Hank: Joe asks "Dear Hank and John.

Do you see yourselves making YouTube videos in ten or twenty years? 10 年か 20 年後に YouTube 動画を制作していると思いますか? John: Yes.

Hank: Yeah.

Kinda. I mean like, I don’t know if there will be, if it will be YouTube videos. つまり、YouTube ビデオがあるかどうかはわかりません。 It will be web format video which is the phrase that I had used to me in a conference call last night. 昨夜の電話会議で私がよく使っていたフレーズであるWeb形式のビデオになります。 John: Oh, God, that makes me sick to my stomach, I’m so glad I don’t have to get on conference calls like that. ジョン: なんてこった、それは私を吐き気がする。そのような電話会議に参加する必要がないのはとてもうれしい.

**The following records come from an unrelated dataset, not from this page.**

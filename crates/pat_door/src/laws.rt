//! Laws of doors. Each is a function without a body whose contract is what is proved.
ghost use Rattle.std.specs.Prelude.{ℕ, ◌≡◌, ◌+◌, ◌++◌, [], ◌∷◌, List};
ghost use Rattle.pat_door.specs.Doors.{DoorFacts, after_read, after_write};

/// What was answered on earlier connections stays: a write adds at the end of the last answer, that of the present
/// connection, and changes no other.
pub fn earlier_answers_stay()
    ensures { (facts : DoorFacts) (piece answer : List ℕ) (earlier : List (List ℕ)) → facts.answered ≡ earlier ++ answer ∷ []
        → (after_write piece facts).answered ≡ earlier ++ (answer ++ piece) ∷ [] }
{}

/// It doesn't matter in how many pieces a connection is answered, or read; and a piece of nothing changes nothing.
pub fn pieces_make_the_whole()
    ensures nothing { (facts : DoorFacts) → after_write [] facts ≡ facts }
    ensures written { (facts : DoorFacts) (piece next : List ℕ) → after_write next (after_write piece facts) ≡ after_write (piece ++ next) facts }
    ensures read { (facts : DoorFacts) (count more : ℕ) → after_read more (after_read count facts) ≡ after_read (count + more) facts }
{}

Um, yeah, it will be video--I--I still think that we will make video, and I still think that it will be transmitted via the little tubes that make up the internet. ええと、ええ、それはビデオになるでしょう-私は--私はまだビデオを作ると思います、そしてそれはインターネットを構成する小さなチューブを介して送信されると思います。 Hank: Yeah.

People will watch them on their computer and iPad screens. 人々は、コンピューターや iPad の画面でそれらを視聴します。 Or personal device. または個人用デバイス。 John: I think that your personal device screen will, by then, be installed into your iris, so I don’t think that you will be holding a screen, I think that it will just kind of run across you know, your cold, dead eyes. ジョン: それまでには、あなたの個人用デバイスの画面が虹彩に組み込まれると思います。そのため、画面を持っているとは思いません。死んだ目。

Hank: It’s funny the things we disagree on. ハンク: 私たちの意見が食い違うのはおかしいよ。

I think we will maybe eventually colonize the galaxy, and you think that in 10 years, we will have screens in our irisies. 私たちは最終的に銀河を植民地化すると思います.10年以内に虹彩にスクリーンがあると思います. Ik denk dat we uiteindelijk de melkweg zullen koloniseren, en jij denkt dat we over 10 jaar schermen in onze irissen zullen hebben. John: There’s no way that we’re ever going to colonize the galaxy. ジョン: 私たちが銀河を植民地化する方法はありません。

That is so ludicrous I refuse to engage with you further in the conversation. それはばかげているので、これ以上あなたと会話することは拒否します。